--- DATASET EXCERPTS ---

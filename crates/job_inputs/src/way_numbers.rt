//! Labels that end in `#` and the number of a way.

ghost use Rattle.std.specs.Prelude.{◌≡◌, ◌+◌, ◌<◌, ◌^◌, ◌++◌, ◌∷◌, ℕ, false, decimal, length, IfSome, IfNone, MatchOption};
ghost use Rattle.ar_base.specs.Lists.{Stands};
ghost use Rattle.job_inputs.specs.Reads.{has_mark};

use ar_base::WayId;
use itoa::Buffer;
use std::str::from_utf8;

/// What stands before the last `#` of a label, and what stands behind it.
pub(crate) fn marked(label: &[u8]) -> Option<(&[u8], &[u8])>
    ensures found { IfSome result (λ r. label.now ≡ r.0.now ++ (35 ∷ r.1.now)) }
    ensures last { IfSome result (λ r. has_mark r.1.now ≡ false) }
    ensures none { IfNone result (has_mark label.now ≡ false) }
{
    let mut n = label.len();
    while n > 0 {
        if label[n - 1] == b'#' {
            return Some((&label[..n - 1], &label[n..]));
        }
        n -= 1;
    }
    None
}

/// The way of the number, from 1, that these digits write without a leading zero.
pub(crate) fn way_of(ways: &[WayId], digits: &[u8]) -> Option<WayId>
    requires { length ways.now < 2 ^ 64 }
    ensures { MatchOption result
        ((i : ℕ) → digits.now ≡ decimal (i + 1) → i < length ways.now → ⊥)
        (λ way. (i : ℕ) × (digits.now ≡ decimal (i + 1)) × Stands ways.now i way) }
{
    let count = ways.len();
    let k = number_of(digits)?;
    if k == 0 || k > count {
        return None;
    }
    Some(ways[k - 1])
}

// The number that these digits write without a leading zero.
fn number_of(digits: &[u8]) -> Option<usize>
    ensures found { IfSome result (λ k. digits.now ≡ decimal k) }
    ensures small { IfSome result (λ k. k < 2 ^ 64) }
    ensures none { IfNone result ((k : ℕ) → k < 2 ^ 64 → digits.now ≡ decimal k → ⊥) }
{
    let Ok(text) = from_utf8(digits) else {
        return None;
    };
    let Ok(k) = text.parse::<usize>() else {
        return None;
    };
    let mut buffer = Buffer::new();
    let written = buffer.format(k);
    if written.as_bytes() == digits {
        Some(k)
    } else {
        None
    }
}
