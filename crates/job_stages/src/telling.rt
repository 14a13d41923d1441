//! The statuses of texts, the line of a refusal, and the text of `check`.

ghost use Rattle.std.specs.Prelude.{◌≡◌, ◌++◌, decimal, length};
ghost use Rattle.ar_io.specs.Handing.{Writes};
ghost use Rattle.job_stages.specs.Refusals.{line_of, status_of};
ghost use Rattle.job_stages.specs.Telling.{IsWritten, status_written, status_replayed, status_printed, status_explained};
ghost use Rattle.job_stages.specs.Tells.{counts_line};

use crate::refusals::Refusal;
use crate::status::Status;
use ar_io::{Sink, SinkFailed, write_count, write_text};
use cut_text::PrintFault;
use gts_core::Gts;
use replayer::{End, ReplayFault};

/// Writes the line of a refusal.
pub fn refuse<K: Sink>(refusal: &Refusal, out: &mut K) -> Status
    ensures { IsWritten (λ text ends. (text ≡ line_of refusal.now) × (ends ≡ status_of refusal.now))
        (K.state out.old) (K.state out.new) result }
{
    let whole = refusal.status();
    written(whole, refusal.put(out))
}

/// Writes how many units, variables, events and observers the system has.
pub fn write_counts<K: Sink>(system: &Gts, out: &mut K) -> Result<(), SinkFailed>
    ensures { Writes (K.state out.old) (K.state out.new)
        (counts_line (length system.now.units.items) (length system.now.variables.items)
        (length system.now.events.items) (length system.now.observers.items)) result }
{
    let parts = system.parts();
    put_many(out, "ok units ", parts.units.len())?;
    put_many(out, " variables ", parts.variables.len())?;
    put_many(out, " events ", parts.events.len())?;
    put_many(out, " observers ", parts.observers.len())?;
    write_text(out, "\n")
}

// Writes how many there are of what is named.
fn put_many<K: Sink>(out: &mut K, named: &str, count: usize) -> Result<(), SinkFailed>
    ensures { Writes (K.state out.old) (K.state out.new) (named.now ++ decimal count) result }
{
    write_text(out, named)?;
    write_count(out, count)
}

/// The status of a text that was written, or was not.
pub fn written(whole: Status, answer: Result<(), SinkFailed>) -> Status
    ensures { result ≡ status_written whole answer }
{
    match answer {
        Ok(()) => whole,
        Err(_) => Status::Write,
    }
}

/// The status of a replay.
pub fn replayed(answer: Result<End, ReplayFault>) -> Status
    ensures { result ≡ status_replayed answer }
{
    match answer {
        Ok(End::Done) => Status::Done,
        Ok(End::Fault) => Status::Fault,
        Err(ReplayFault::Write) => Status::Write,
        Err(ReplayFault::Memory) => Status::Memory,
    }
}

/// The status of a text that was broken off, or was not.
pub fn printed(answer: Result<Status, PrintFault>) -> Status
    ensures { result ≡ status_printed answer }
{
    match answer {
        Ok(status) => status,
        Err(PrintFault::Write) => Status::Write,
        Err(PrintFault::Memory) => Status::Memory,
    }
}

/// The status of an explanation that was broken off, or was not.
pub fn explained(answer: Result<Status, ReplayFault>) -> Status
    ensures { result ≡ status_explained answer }
{
    match answer {
        Ok(status) => status,
        Err(ReplayFault::Write) => Status::Write,
        Err(ReplayFault::Memory) => Status::Memory,
    }
}
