//! What the words, the script, the list and the command ask of a system.

ghost use Rattle.std.specs.Prelude.{◌≡◌, ◌≤◌, ℕ, true, List, Some, IfOk, length};
ghost use Rattle.ar_base.specs.Counts.{limit_of};
ghost use Rattle.ar_base.specs.declared.counts.Count.TheVariants.{ScriptBytes};
ghost use Rattle.gts_flatten.specs.Elaborating.{Elaborated};
ghost use Rattle.job_inputs.specs.CutLists.{CutLine};
ghost use Rattle.job_stages.specs.Passing.{IsStageOf, IsFlattened, AreCommands, ReadsScript, AreLines, ReadsCuts, IsShown, ReadsShown};
ghost use Rattle.job_stages.specs.Passing.{IsThere, IsRequestOf, with_lines, stop_of_cuts, AreDropped, ReadsList, IsWantedIn, ReadsWanted};
ghost use Rattle.job_stages.specs.Stages.{AsksByWords, has_table, observer_asked};

use crate::elaborating::Flattened;
use crate::jobs::makes_model;
use crate::refusals::Refusal;
use crate::stops::Stop;
use ar_base::{Count, EventId, Text};
use gts_core::{Chain, Gts};
use job_inputs::{
    Command, ScriptFault, Wanted, observer_named, read_cuts, read_events, read_script, read_wanted,
};
use run_words::Asked;
use std::alloc::Global;

/// A system, and what the words ask of it where that is an observer's value.
#[derive(Drop)]
pub struct Request {
    /// The flat system.
    pub system: Gts,
    /// The dropped events.
    pub dropped: Vec<EventId>,
    /// The observer with its value.
    pub wanted: Wanted,
}

/// What the words ask of the system, where that is an observer's value. The tree is let go.
pub fn request_of(alloc: Global, asked: &Asked, model: Flattened) -> Result<Request, Stop>
    requires source { (x : Elaborated) × IsFlattened x model }
    requires command { has_table asked.now.job.command ≡ true }
    requires observer { (path : List ℕ) × (observer_asked asked.now ≡ Some path) }
    ensures same { IfOk result (λ request. request.system ≡ model.system) }
    ensures sought { (x : Elaborated) (lines : List CutLine) → IsFlattened x model
        → IsStageOf (IsRequestOf asked.now.order x lines)
        (AsksByWords asked.now (with_lines asked.now.order x lines)) result }
{
    let dropped = dropped_of(alloc, &model, &asked.job.dropped)?;
    let wanted = wanted_of(alloc, &model, observer_of(asked), &asked.job.value)?;
    Ok(Request {
        system: model.system,
        dropped,
        wanted,
    })
}

// The path of the observer that is asked for: that of the words, or of the models that are made.
fn observer_of(asked: &Asked) -> &str
    requires { (path : List ℕ) × (observer_asked asked.now ≡ Some path) }
    ensures { observer_asked asked.now ≡ Some result.now }
{
    if makes_model(asked.job.command) {
        return "lost";
    }
    match &asked.job.observer {
        Some(path) => path.as_str(),
        None => unreachable!(),
    }
}

/// The events that the list names, where there is one.
pub fn dropped_of(
    alloc: Global,
    model: &Flattened,
    list: &Option<Text>,
) -> Result<Vec<EventId>, Stop>
    requires { (x : Elaborated) × IsFlattened x model.now }
    ensures { (x : Elaborated) → IsFlattened x model.now
        → IsStageOf (λ dropped events. AreDropped model.now.system dropped events.items)
        (ReadsList list.now x) result }
{
    match list {
        Some(text) => {
            let bytes = text.as_str().as_bytes();
            let events = read_events(alloc, &model.tree, &model.system, bytes)?;
            Ok(events)
        }
        None => Ok(Vec::new(alloc)),
    }
}

/// The observer of this path, and the value of it that is asked for.
pub fn wanted_of(
    alloc: Global,
    model: &Flattened,
    observer: &str,
    value: &Option<Text>,
) -> Result<Wanted, Stop>
    requires { (x : Elaborated) × IsFlattened x model.now }
    ensures { (x : Elaborated) → IsFlattened x model.now
        → IsStageOf (IsWantedIn model.now.system) (ReadsWanted observer.now value.now x) result }
{
    let bytes = observer.as_bytes();
    let wanted = read_wanted(alloc, &model.tree, &model.system, bytes, value)?;
    Ok(wanted)
}

/// The commands of the script, which is let go.
pub fn commands_of(
    alloc: Global,
    model: &Flattened,
    script: Option<Vec<u8>>,
) -> Result<Vec<Command>, Stop>
    requires source { (x : Elaborated) × IsFlattened x model.now }
    requires there { IsThere script }
    ensures { (x : Elaborated) → IsFlattened x model.now
        → IsStageOf (λ cs commands. AreCommands model.now.system cs commands.items)
        (ReadsScript script x) result }
{
    match script {
        Some(bytes) => {
            let commands = read_script(alloc, &model.tree, &model.system, &bytes)?;
            Ok(commands)
        }
        None => unreachable!(),
    }
}

/// The cut lines of the list, which is let go.
pub fn chains_of(
    alloc: Global,
    model: &Flattened,
    list: Option<Vec<u8>>,
) -> Result<Vec<Chain>, Stop>
    requires source { (x : Elaborated) × IsFlattened x model.now }
    requires there { IsThere list }
    ensures { (x : Elaborated) → IsFlattened x model.now
        → IsStageOf (λ cuts chains. AreLines model.now.system cuts chains.items)
        (ReadsCuts list x) result }
{
    match list {
        Some(bytes) => listed(alloc, model, &bytes),
        None => unreachable!(),
    }
}

// The cut lines of a list, of which there may be so many and no more.
fn listed(alloc: Global, model: &Flattened, list: &Vec<u8>) -> Result<Vec<Chain>, Stop>
    requires source { (x : Elaborated) × IsFlattened x model.now }
    requires short { length list.now.items ≤ limit_of ScriptBytes }
    ensures { (x : Elaborated) → IsFlattened x model.now
        → IsStageOf (λ cuts chains. AreLines model.now.system cuts chains.items)
        (ReadsCuts (Some list.now) x) result }
{
    match read_cuts(alloc, &model.tree, &model.system, list) {
        Ok(chains) => {
            if chains.len() > Count::CutLines.limit() as usize {
                return Err(Stop::Refused(Refusal::Size(Count::CutLines)));
            }
            Ok(chains)
        }
        Err(fault) => Err(cut_stop(fault)),
    }
}

// Why a list is refused.
fn cut_stop(fault: ScriptFault) -> Stop
    ensures { result ≡ stop_of_cuts fault }
{
    match fault {
        ScriptFault::Line(line) => Stop::Refused(Refusal::NoCut(line)),
        ScriptFault::Which(line) => Stop::Refused(Refusal::NeedsWay(line)),
        ScriptFault::Unknown(line) => Stop::Refused(Refusal::NoEvent(line)),
        ScriptFault::Memory => Stop::Memory,
    }
}

/// The observer alone whose flows are to be explained, where one is named.
pub fn shown_of(alloc: Global, model: &Flattened, path: &Option<Text>) -> Result<Option<u32>, Stop>
    requires source { (x : Elaborated) × IsFlattened x model.now }
    ensures { (x : Elaborated) → IsFlattened x model.now
        → IsStageOf (IsShown model.now.system) (ReadsShown path.now x) result }
{
    match path {
        Some(path) => {
            let bytes = path.as_str().as_bytes();
            match observer_named(alloc, &model.tree, &model.system, bytes)? {
                Some(observer) => Ok(Some(observer)),
                None => Err(Stop::Refused(Refusal::NoObserver)),
            }
        }
        None => Ok(None),
    }
}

---

- YOUR GOAL
What is the number of lines above that contain the string "decimal"? Answer with the number alone.

- OUTPUT
7